回顾当代艺术从二战后至今处理“宇宙”母题的策略演变史,我们看到了一条清晰的轨迹:从最初将宇宙作为一种内在情感或形而上观念的投射对象,发展到将其视为一个可介入、可感知的物理和现象系统,再到将其作为一种被建构的图像和知识进行解构与批判,最终演变为在今天这个数据化、生态化和技术化的时代,将艺术创作本身视为一种与宇宙万物共同编织实在之网的纠缠实践。

这条演变路径,可以总结为几个关键的转向:

第一,从“再现”到“生成”。早期艺术家试图再现或表达一个外在或内在的宇宙,而今天的艺术家更多地是利用算法、生物系统或社会互动来“生成”一个自足的、演化中的微观宇宙。艺术品从一个静态的“结果”变成了一个动态的“过程”。

第二,从“人类中心”到“后人类网络”。艺术的主体不再是孤立的天才艺术家,而是扩展为一个包含了艺术家、观众、技术、数据、生物乃至自然环境在内的“行动者网络”。创作从一种单向的表达,变为一种多向的、去中心化的合作与协商。

第三,从“宏大叙事”到“微观政治”。艺术家们不再追求一个统一、终极的宇宙真理,而是更关注“宇宙”这一概念在具体情境中是如何被权力、技术和资本所塑造的。他们的策略更具批判性,旨在揭示和干预那些隐藏在宇宙图景背后的微观政治。

第四,从“视觉主导”到“多感官与非认知”。艺术体验不再局限于视觉,而是扩展到听觉、触觉、身体感知乃至超越人类感知的层面(如数据流)。
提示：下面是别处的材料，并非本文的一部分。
//! Twins: an object is a directory that is not activated, with a live file for each thread. Each thread
//! enters and leaves its own file, so no thread writes what another one reads. One removal of the directory
//! removes and drains all the files. Threads enter the files through holds: no listing or path of a reader
//! leads to them.

ghost use Rattle.std.specs.Prelude.{◌≡◌};

use anyhow::Context;
use kf_core::{Key, Limits, Node, Refusal};
use kf_shared::{Naming, NewTree, SharedTree, release_all};
use std::alloc::Global;
use std::marker::Brand;
use std::sync::Wait;
use std::sync::atomic::{AtomicU64, Ordering};
use std::thread::{Threads, join};

/// One twin of the object.
const TWIN: Node = Node::File {
    mode: 0o444,
    tag: 1,
};

/// Creates the object, which is not activated, and its two live twins.
fn publish<N: Naming, R: Wait>(rt: &R, tree: &SharedTree<N>) -> Result<(Key, Key, Key), Refusal> {
    let mut editor = tree.edit(rt);
    let root = editor.state().root();
    let object = editor.create(root, b"object", Node::Dir, false)?;
    let first = editor.create(object, b"0", TWIN, true)?;
    let second = editor.create(object, b"1", TWIN, true)?;
    Ok((object, first, second))
}

/// Enters and leaves the thread's twin by a hold, until a try is refused. A callback would run inside.
fn call_until_refused<N: Naming, R: Wait>(
    rt: &R,
    tree: &SharedTree<N>,
    twin: Key,
    calls: &AtomicU64,
) -> Result<(), Refusal> {
    let mut hold = match tree.edit(rt).hold(twin) {
        Ok(hold) => hold,
        Err(why) => {
            calls.fetch_add(1, Ordering::SeqCst); // the remover waits for this
            return Err(why);
        }
    };
    for _ in rt.forever() {
        hold = match hold.enter() {
            Ok(call) => {
                calls.fetch_add(1, Ordering::SeqCst);
                call.leave()
            }
            Err(refused) => {
                refused.release();
                return Ok(());
            }
        };
    }
    unreachable!()
}

/// Waits until each of the two threads has been inside, or could not get a hold.
fn wait_for_both<R: Wait>(rt: &R, first: &AtomicU64, second: &AtomicU64) {
    for _ in rt.forever() {
        if first.load(Ordering::SeqCst) != 0 && second.load(Ordering::SeqCst) != 0 {
            return;
        }
    }
}

/// Removes the object with its twins. Returns how many nodes were removed.
fn remove_under_use<N: Naming, R: Wait>(
    rt: &R,
    tree: &SharedTree<N>,
    object: Key,
    first: &AtomicU64,
    second: &AtomicU64,
) -> Result<usize, Refusal> {
    wait_for_both(rt, first, second);
    let receipts = tree.edit(rt).remove_key(rt, object)?;
    let removed = receipts.len();
    release_all(receipts);
    Ok(removed)
}

/// Runs three threads: two call, and one removes.
fn remove_while_called<N: Naming + Send + Sync, R: Threads + Wait + Sync + Print>(
    rt: &R,
    tree: &SharedTree<N>,
) -> anyhow::Result<()> {
    let (object, first, second) = publish(rt, tree)?;
    let (one, two) = (AtomicU64::new(0), AtomicU64::new(0));
    let (done, (also, gone)) = join(
        rt,
        || call_until_refused(rt, tree, first, &one),
        || {
            join(
                rt,
                || call_until_refused(rt, tree, second, &two),
                || remove_under_use(rt, tree, object, &one, &two),
            )
        },
    );
    done?;
    also?;
    let gone = gone?;
    let both = one.load(Ordering::SeqCst) > 0 && two.load(Ordering::SeqCst) > 0;
    println!(rt; "{gone} nodes went, and both twins were called before: {both}")?;
    Ok(())
}

fn run<N: Naming + Send + Sync, R: Threads + Wait + Sync + Print>(
    rt: &R,
    new: NewTree,
) -> anyhow::Result<()>
    requires { new.master.table ≡ N.table }
{
    remove_while_called(rt, &new.named::<N>())
}

/// Makes the tree, and removes an object with two twins while it is in use.
pub(crate) fn start<R: Threads + Wait + Sync + Print>(rt: &R, alloc: Global) -> anyhow::Result<()> {
    let limits = Limits::new(16, 100).context("16 slots and 100 holds are within the limits")?;
    run::<Brand, _>(rt, SharedTree::<Brand>::new(alloc, limits)?)
}
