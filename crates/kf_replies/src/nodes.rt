//! Replies that report nodes.

ghost use Rattle.std.specs.Prelude.{◌≡◌, IfErr, OnOk};
ghost use Rattle.kf_core.specs.declared.refusal.Refusal.TheVariants.{NoMemory};
ghost use Rattle.kf_script.specs.ReplyText.{names_text};
ghost use Rattle.kf_replies.specs.ReplyParts.{state_of, told_text};

use crate::part::Part;
use kf_core::Refusal;
use kf_script::{NodeState, Reply};
use kf_tree::{Names, Stat};

/// Writes names, separated by single spaces. The only refusal is `NoMemory`. After a refusal the text is
/// unknown.
pub fn tell_names(reply: &mut Reply, names: Names<'_>) -> Result<(), Refusal>
    ensures text { OnOk result (reply.new ≡ names_text names.entry) }
    ensures refused { IfErr result (λ refusal. refusal ≡ NoMemory) }
{
    reply.clear();
    let Some((first, others)) = names.split_first() else {
        return Ok(());
    };
    reply.extend(first.bytes())?;
    let mut part = Part::new();
    let mut later = others;
    'names: while let Some((name, rest)) = later.split_first() {
        if !part.has_room() {
            part.give(reply)?;
        }
        part.push_after(b' ', name.bytes());
        later = rest;
    }
    part.give(reply)
}

/// The state of a node, as `stat` reports it.
fn state_of(stat: &Stat) -> NodeState
    ensures told { result ≡ state_of stat.now }
{
    if stat.doomed {
        return NodeState::Removing;
    }
    if !stat.activated {
        return NodeState::Off;
    }
    if stat.hidden {
        NodeState::Hidden
    } else {
        NodeState::Live
    }
}

/// Writes what `stat` reports of a node: its kind, what a node of this kind has, and its state.
pub fn tell_stat(reply: &mut Reply, stat: &Stat)
    ensures told { reply.new ≡ told_text stat.now }
{
    reply.set_stat(stat.node, stat.subdirs, stat.links, state_of(stat));
}
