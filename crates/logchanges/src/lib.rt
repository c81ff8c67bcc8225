// The calls that change a book, as records of a log (docs/LOG.md): the arguments read, the call carried out, its answer written.
#![tactic(auto)]

ghost use Rattle.std.specs.Prelude.{◌≡◌, cond, ◌*◌, ◌≤◌, length, drop};
ghost use Rattle.field.specs.Field.{field};
ghost use Rattle.block.specs.Block.{count_in};
ghost use Rattle.line.specs.Line.{done};
ghost use Rattle.calls.specs.Call.{make, add, open_line, start_day, end_day, take, set_allowance, tick};
ghost use Rattle.logcalls.specs.Answers.{answer_most};
ghost use Rattle.logcalls.specs.Kinds.{exactly, at_least};
ghost use Rattle.logcalls.specs.Replayed.{ran_call};
ghost use Rattle.logcalls.specs.code.Told.{ran_as};

use block::Block;
use logcalls::{Answers, Words};

pub fn make(book: &mut [u8], args: &[u8], output: &mut [u8]) -> Option<usize>
    requires { answer_most ≤ length output.old }
    ensures { ran_as result book.new output.new ≡ ran_call book.old output.old (exactly 4 args.now (make (field args.now 0 4))) }
{
    if args.len() != 4 {
        return None;
    }
    let n = field::get32(args, 0);
    let told = book::make(book, n);
    logcalls::put_told(output, told);
    Some(Answers::WORDS_LEN)
}

pub fn add(book: &mut [u8], args: &[u8], output: &mut [u8]) -> Option<usize>
    requires { answer_most ≤ length output.old }
    ensures { ran_as result book.new output.new ≡ ran_call book.old output.old (at_least 5 args.now (add (drop 5 args.now) (field args.now 0 4) (field args.now 4 1))) }
{
    if args.len() < 5 {
        return None;
    }
    let lot = field::get32(args, 0);
    let primary = field::get8(args, 4);
    let told = book::add_symbol(book, &args[5..], lot, primary);
    logcalls::put_told(output, told);
    Some(Answers::WORDS_LEN)
}

pub fn open_line(book: &mut [u8], args: &[u8], output: &mut [u8]) -> Option<usize>
    requires { answer_most ≤ length output.old }
    ensures { ran_as result book.new output.new ≡ ran_call book.old output.old (exactly 5 args.now (open_line (field args.now 0 4) (field args.now 4 1))) }
{
    if args.len() != 5 {
        return None;
    }
    let line = field::get32(args, 0);
    let letter = field::get8(args, 4);
    let told = book::open_line(book, line, letter);
    logcalls::put_told(output, told);
    Some(Answers::WORDS_LEN)
}

pub fn start_day(book: &mut [u8], args: &[u8], output: &mut [u8]) -> Option<usize>
    requires { answer_most ≤ length output.old }
    ensures { ran_as result book.new output.new ≡ ran_call book.old output.old (exactly 0 args.now start_day) }
{
    if args.len() != 0 {
        return None;
    }
    let told = book::start_day(book);
    logcalls::put_told(output, told);
    Some(Answers::WORDS_LEN)
}

pub fn end_day(book: &mut [u8], args: &[u8], output: &mut [u8]) -> Option<usize>
    requires { answer_most ≤ length output.old }
    ensures { ran_as result book.new output.new ≡ ran_call book.old output.old (exactly 0 args.now end_day) }
{
    if args.len() != 0 {
        return None;
    }
    let told = book::end_day(book);
    logcalls::put_told(output, told);
    Some(Answers::WORDS_LEN)
}

pub fn set_allowance(book: &mut [u8], args: &[u8], output: &mut [u8]) -> Option<usize>
    requires { answer_most ≤ length output.old }
    ensures { ran_as result book.new output.new ≡ ran_call book.old output.old (at_least 4 args.now (set_allowance (field args.now 0 4) (drop 4 args.now))) }
{
    if args.len() < 4 {
        return None;
    }
    let blocks = field::get32(args, 0);
    let told = ticks::set_allowance(book, blocks, &args[4..]);
    logcalls::put_told(output, told);
    Some(Answers::WORDS_LEN)
}

pub fn next_tick(book: &mut [u8], args: &[u8], output: &mut [u8]) -> Option<usize>
    requires { answer_most ≤ length output.old }
    ensures { ran_as result book.new output.new ≡ ran_call book.old output.old (exactly 0 args.now tick) }
{
    if args.len() != 0 {
        return None;
    }
    let told = ticks::next_tick(book);
    logcalls::put_told(output, told);
    Some(Answers::WORDS_LEN)
}

// Four bytes of answer for each message of a block that was taken. The number is plain: a report has it beside the line's figures.
fn answer_len(number: u8, block: &[u8]) -> usize
    ensures { (result ≡ cond (done number) (4 * count_in block.now) 0) × (result ≤ 1020) }
{
    match number {
        0 | 70 => 4 * (field::byte(block, 1) as usize),
        _ => 0,
    }
}

pub fn take_block(book: &mut [u8], args: &[u8], output: &mut [u8]) -> Option<usize>
    requires { answer_most ≤ length output.old }
    ensures { ran_as result book.new output.new ≡ ran_call book.old output.old (at_least 12 args.now (take (field args.now 0 4) (drop 12 args.now) (field args.now 4 8))) }
{
    if args.len() < 12 {
        return None;
    }
    let line = field::get32(args, 0);
    let room = logcalls::lent(field::get64(args, 4), Block::ANSWER_LEN);
    let end = Answers::WORDS_LEN + room;
    let told = intake::take_block(
        book,
        line,
        &args[12..],
        &mut output[Answers::WORDS_LEN..end],
    );
    let len = answer_len(told.number, &args[12..]);
    logcalls::put_words(
        output,
        Words {
            number: told.number as u64,
            gap: told.gap as u64,
            expected: told.expected as u64,
            count: told.count,
            accepted: told.accepted as u64,
            partly: told.partly as u64,
            rejected: told.rejected as u64,
            answers: len as u64,
            ..Words::NONE
        },
    );
    Some(Answers::WORDS_LEN + len)
}
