// The text that tells why a seal is refused (document 02, Ticket 11) and how far it is good (Ticket 12), put into a lent buffer.
#![tactic(auto)]

ghost use Rattle.std.specs.Prelude.{◌≡◌, ◌≤◌, length};
ghost use Rattle.format.specs.Answers.{done, filled};
ghost use Rattle.lines.specs.Line.{ascii};
ghost use Rattle.lines.specs.Written.{Puts};
ghost use Rattle.list_lines.specs.ListLine.{line_of};
ghost use Rattle.hex_bytes.specs.Shown.{shown};
ghost use Rattle.why_words.specs.Names.{name_of, words_of};
ghost use Rattle.why_lines.specs.Lines.{reason_lines, ending_of, front_line, text_of, why_text, Enough};

use hex_bytes::put_shown;
use lent::part;
use lines::Line;
use list_lines::{put_counted, put_named};
use why::Reason;
use why_words::{ITEM_LONGEST, RULE_LONGEST};

// How much of its input a program must read: one byte more than the longest seal, so that one that is too long is known.
pub const READ: usize = 4097;

// Room for every text (proofs/Room.antt).
pub const ROOM: usize = 256;

// The line of the item.
fn put_item(line: &mut Line, item: usize)
    ensures { Puts line.old (line_of (ascii "item ") (name_of item)) line.new }
{
    let mut name = [0u8; ITEM_LONGEST];
    let told = why_words::put_item_name(item, &mut name);
    put_named(line, b"item ", &name, 0, told.unwrap_or(0));
}

// The line of the rule.
fn put_rule(line: &mut Line, rule: usize)
    ensures { Puts line.old (line_of (ascii "rule ") (words_of rule)) line.new }
{
    let mut words = [0u8; RULE_LONGEST];
    let told = why_words::put_rule_words(rule, &mut words);
    put_named(line, b"rule ", &words, 0, told.unwrap_or(0));
}

// The line of the bytes judged.
fn put_judged(line: &mut Line, judged: &[u8])
    ensures { Puts line.old (line_of (ascii "bytes") (shown judged.now)) line.new }
{
    line.text(b"bytes");
    put_shown(line, judged);
    line.put(b'\n');
}

// The five lines of a refusal.
fn put_reason(line: &mut Line, reason: Reason, judged: &[u8])
    ensures { Puts line.old (reason_lines reason judged.now) line.new }
{
    put_counted(line, b"number ", reason.number);
    put_item(line, reason.item);
    put_counted(line, b"place ", reason.place);
    put_judged(line, judged);
    put_rule(line, reason.rule);
}

// What stands behind the front part: the byte that no seal has there, or the input's end.
fn put_ending(line: &mut Line, seal: &[u8], front: usize)
    ensures { Puts line.old (ending_of seal.now front) line.new }
{
    if front < seal.len() {
        line.text(b", no seal has");
        put_shown(line, part(seal, front, 1));
        line.text(b" there");
        return;
    }
    line.text(b", the input ends too early");
}

// The line of the front part.
fn put_front(line: &mut Line, seal: &[u8], front: usize)
    ensures { Puts line.old (front_line seal.now front) line.new }
{
    line.text(b"good up to ");
    line.number(front);
    put_ending(line, seal, front);
    line.put(b'\n');
}

// Puts down the text of a reason. `why::why` told it of this seal, whose front part is so long.
fn put_why(line: &mut Line, seal: &[u8], reason: Reason, front: usize)
    ensures { Puts line.old (text_of seal.now reason front) line.new }
{
    if reason.number == 0 {
        line.text(b"accepted\n");
        return;
    }
    let judged = reason.judged;
    put_reason(line, reason, part(seal, judged.place, judged.length));
    put_front(line, seal, front);
}

// Puts the text for `seal` at the start of `out` and gives the count of its bytes; past it `out` stays.
pub fn tell(seal: &[u8], out: &mut [u8; ROOM]) -> usize
    ensures count { result ≡ length (why_text seal.now) }
    ensures text { out.new ≡ filled (done (why_text seal.now)) out.old }
    ensures room { length (why_text seal.now) ≤ ROOM }
    ensures enough { Enough READ }
{
    let reason = why::why(seal);
    let mut line = Line::new(out, 0);
    put_why(&mut line, seal, reason, front_seal::front(seal));
    line.at()
}
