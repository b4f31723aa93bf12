// Check 15, of the variables: each holds what its declaration says, and a local of what is not at work is 0.
ghost use Rattle.std.specs.Prelude.{◌≡◌, List, ℕ, ◌≤◌};
ghost use Rattle.model.specs.Class.{candidate, class_held, pair};
ghost use Rattle.model.specs.Table.{home};
ghost use Rattle.model.specs.State.{Caller};
ghost use Rattle.model.specs.Accepted.{Accepted};
ghost use Rattle.kinds.specs.Code.{InSorts};
ghost use Rattle.prepared.specs.View.{kind_of, places, table_for};
ghost use Rattle.records.specs.Record.{variables_fit, locals_idle};
ghost use Rattle.records.specs.CodeRecord.{state_in, fits_by_form, idle_by};

use machine::Machine;
use model::class_of;
use prepared::forms::form_of;
use prepared::{Form, Frame};
use procedures::owners::owners_of;

// The one number that decides whether a class holds a number: 0, a place, or the number after a place.
fn candidate_of(c1: u32, c2: u32, k: u32) -> u64
    ensures { result ≡ candidate 0 (pair c1 c2) k }
{
    match k {
        0 => 0,
        1 => u64::from(c1),
        2 => u64::from(c1) + 1,
        3 => u64::from(c2),
        _ => u64::from(c2) + 1,
    }
}

// A class holds a number where its candidate is a number of 32 bits and is in it (rule 7.6).
fn class_held(f: Frame, k: u32) -> bool
    ensures { result ≡ class_held (pair f.c1 f.c2) k }
{
    let Ok(n) = u32::try_from(candidate_of(f.c1, f.c2, k)) else {
        return false;
    };
    let found = class_of(f.c1, f.c2, n);
    found == k
}

// A number and a base suit a variable's form, with so many arrays in the record.
fn variable_fits(f: Frame, form: Form, number: u32, base: u32, count: u32) -> bool
    ensures { result ≡ fits_by_form f count form number base }
{
    match form {
        Form::Bool => number <= 1,
        Form::Uint => true,
        Form::Class => class_held(f, number),
        Form::Pointer => base <= count,
    }
}

// Every variable is of its type (rules 7.5 to 7.7).
pub fn variables_fit(t: &[u32], f: Frame, m: Machine) -> bool
    requires { f.counts.decls ≤ 32 }
    ensures { (callers : List Caller) (cells : List ℕ)
        → result ≡ variables_fit (kind_of f) (places f) (table_for t.now f) (state_in t.now f callers m cells) }
{
    for i in 0..f.counts.decls {
        let form = form_of(t, f, i);
        if !variable_fits(f, form, m.numbers[i], m.bases[i], m.count) {
            return false;
        }
    }
    true
}

// A variable may hold its number while the procedure with the first row `at_work`, or main (0), is at work: it is a global, a local of that, or 0.
fn may_hold(owner: u32, at_work: u32, number: u32) -> bool
    ensures { result ≡ idle_by owner at_work number }
{
    ((owner == 0) | (owner == at_work)) | (number == 0)
}

// A local of what is not at work is 0, also where a caller stands in it (rule 7.18).
pub fn locals_idle(t: &[u32], f: Frame, m: Machine, at_work: u32) -> bool
    requires { InSorts (table_for t.now f) × Accepted (kind_of f) (table_for t.now f) × (at_work ≡ home (table_for t.now f) m.row) }
    ensures { (callers : List Caller) (cells : List ℕ)
        → result ≡ locals_idle (table_for t.now f) (state_in t.now f callers m cells) }
{
    let owners = owners_of(t, f.counts);
    for i in 0..f.counts.decls {
        if !may_hold(owners[i], at_work, m.numbers[i]) {
            return false;
        }
    }
    true
}
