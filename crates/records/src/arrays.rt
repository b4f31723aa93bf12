// Check 15, of the arrays: at most 16, in sequence, within the cells, and none reduced in a plain record.
ghost use Rattle.std.specs.Prelude.{◌≡◌, List};
ghost use Rattle.model.specs.State.{Value, Caller};
ghost use Rattle.prepared.specs.View.{kind_of, places};
ghost use Rattle.row_kinds.specs.CodeRows.{size_for};
ghost use Rattle.machine.specs.View.{state_by};
ghost use Rattle.records.specs.Record.{arrays_fit};
ghost use Rattle.records.specs.CodeRecord.{array_fits};

use machine::Machine;
use model::class_of;
use prepared::Frame;

// An array starts where the one before ends, and is of a kind that the machine has (rules 7.9, 7.11).
fn array_fits(f: Frame, start: u32, from: usize, reduced: bool) -> bool
    ensures { result ≡ array_fits f start from reduced }
{
    (start as usize == from) & (f.classes | !reduced)
}

// How many cells an array of a length has.
fn size_for(f: Frame, len: u32, reduced: bool) -> u32
    ensures { result ≡ size_for (places f) len reduced }
{
    if !reduced {
        len
    } else if f.classes {
        class_of(f.c1, f.c2, len)
    } else {
        0
    }
}

// The arrays are as they must be (rules 7.8 to 7.11).
pub fn arrays_fit(cells: &[u32], f: Frame, m: Machine) -> bool
    ensures { (vs : List Value) (callers : List Caller) → result ≡ arrays_fit (kind_of f) (places f) (state_by vs callers m cells.now) }
{
    if Machine::ARRAYS < m.count {
        return false;
    }
    let n = m.count as usize;
    let mut from: usize = 0;
    for i in 0..n {
        let reduced = m.shapes[i] == 1;
        if !array_fits(f, m.firsts[i], from, reduced) {
            return false;
        }
        from += size_for(f, m.lengths[i], reduced) as usize;
    }
    from <= cells.len()
}
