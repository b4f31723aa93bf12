// Check 15, of where the run or a caller stands: a row, and its open loops, outermost first, with a column each for their rows, starts and ends.
ghost use Rattle.std.specs.Prelude.{◌≡◌, List, ℕ, ◌≤◌, ◌<◌, ◌^◌};
ghost use Rattle.model.specs.Table.{open_at};
ghost use Rattle.model.specs.State.{position};
ghost use Rattle.kinds.specs.Kinds.{nest_said};
ghost use Rattle.kinds.specs.Code.{table_by, InSorts};
ghost use Rattle.calls.specs.Stack.{loops_of};
ghost use Rattle.records.specs.Record.{same_numbers, starts_within, stands_right};
ghost use Rattle.records.specs.CodeRecord.{rows_of, Walks, met_by};

use kinds::{Counts, Nest, nest_of};
use lists::word_or_zero;

// A walk back from a row: so many loops were closed and are yet to be opened, and so many of the record's are yet to be met. None where the
// record's next loop is another.
type Walk = Option<(usize, usize)>;

// Row i opens a loop around the row: the record's next one must be at i.
fn met(rows: &[u32], left: usize, i: usize) -> Walk
    ensures { result ≡ met_by rows.now left i }
{
    let last = left.checked_sub(1)?;
    let row = word_or_zero(rows, last) as usize;
    (row == i).then_some((0, last))
}

// Row i passed on the way back, by how it nests.
fn passed(rows: &[u32], nest: Nest, closed: usize, left: usize, i: usize) -> Walk
    requires { closed < 2 ^ 62 }
    ensures { Walks rows.now (nest_said nest) closed left i result }
{
    match nest {
        Nest::Opens if closed == 0 => met(rows, left, i),
        Nest::Opens => Some((closed - 1, left)),
        Nest::Closes => Some((closed + 1, left)),
        Nest::Neither => Some((closed, left)),
    }
}

// The open loops are those around the row (rule 7.3).
fn loops_around(t: &[u32], counts: Counts, row: u32, open: u32, rows: &[u32]) -> bool
    requires { (counts.decls ≤ 32) × (counts.nodes ≤ 1024) × (row ≤ 256) }
    ensures { result ≡ same_numbers (rows_of «open» rows.now) (open_at (table_by t.now counts) row) }
{
    let mut closed: usize = 0;
    let mut left = open as usize;
    for i in (0..row as usize).rev() {
        let nest = nest_of(word_or_zero(t, 4 * (counts.decls + counts.nodes + i)));
        let Some(next) = passed(rows, nest, closed, left, i) else {
            return false;
        };
        (closed, left) = next;
    }
    left == 0
}

// No start is above its end (rule 7.4).
fn starts_within<'a>(open: u32, starts: &'a [u32], ends: &'a [u32]) -> bool
    ensures { (rows : List ℕ) → result ≡ starts_within (loops_of «open» rows starts.now ends.now) }
{
    for n in (0..open as usize).rev() {
        if word_or_zero(ends, n) < word_or_zero(starts, n) {
            return false;
        }
    }
    true
}

// The row is one of the table's or the one past the last (rule 7.2), and its loops are as they must be. For a caller too (rule 7.17).
pub fn stands_right<'a>(
    t: &[u32],
    counts: Counts,
    row: u32,
    open: u32,
    rows: &'a [u32],
    starts: &'a [u32],
    ends: &'a [u32],
) -> bool
    requires { InSorts (table_by t.now counts) }
    ensures { result ≡ stands_right (table_by t.now counts)
        (position row (loops_of «open» rows.now starts.now ends.now)) }
{
    row as usize <= counts.rows
        && loops_around(t, counts, row, open, rows)
        && starts_within(open, starts, ends)
}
艺术开始拥抱那些非认知、不可言说的经验,试图触及一个更为根本的、前语言的实在。

对于当下及未来的艺术家而言,这段波澜壮阔的策略演变史提供了极其宝贵的经验和启发。首先,这意味着处理“宇宙”这一终极母题,必须具备跨学科的视野。艺术家需要成为半个科学家、半个哲学家、半个程序员和半个生态学家。他们的工作室将不仅是画室,更可能是实验室、数据中心或生态保护区。

其次,策略的选择本身即是立场。选择用数据驱动,还是选择与非人合作;选择构建虚拟世界,还是选择介入物理现实,这些选择背后都蕴含着对技术、生态和社会的态度。未来的艺术家需要对自己的策略选择有高度的自觉和反思。

再者,面对一个日益复杂和不确定的世界,艺术或许无法提供最终的答案,但它可以创造出“思辨的场域”和“体验的原型”。通过构建一个个小型的、可供实验的宇宙模型,艺术可以帮助我们预演未来,测试新的共存方式,培养我们面对不确定性的韧性。

最终,对宇宙的追问,永远是对我们自身存在的追问。从波洛克的滴画到伊恩程的模拟世界,变的是工具和媒介,不变的是那种试图在浩瀚的未知中为自身定位的渴望。未来的艺术家将继续这场永恒的远征,他们手中的工具或许不再是画笔,而是基因剪刀、量子计算机或是我们尚未想象到的新媒介。但他们的使命依然如故:去凝视那片最深邃的星空,无论是头顶的苍穹,还是内心的代码,然后带回一些关于我们是谁、我们从哪里来、我们将往何处去的,闪烁着微光的消息。他们不再仅仅是宇宙的描绘者,他们将是未来宇宙的共同编织者。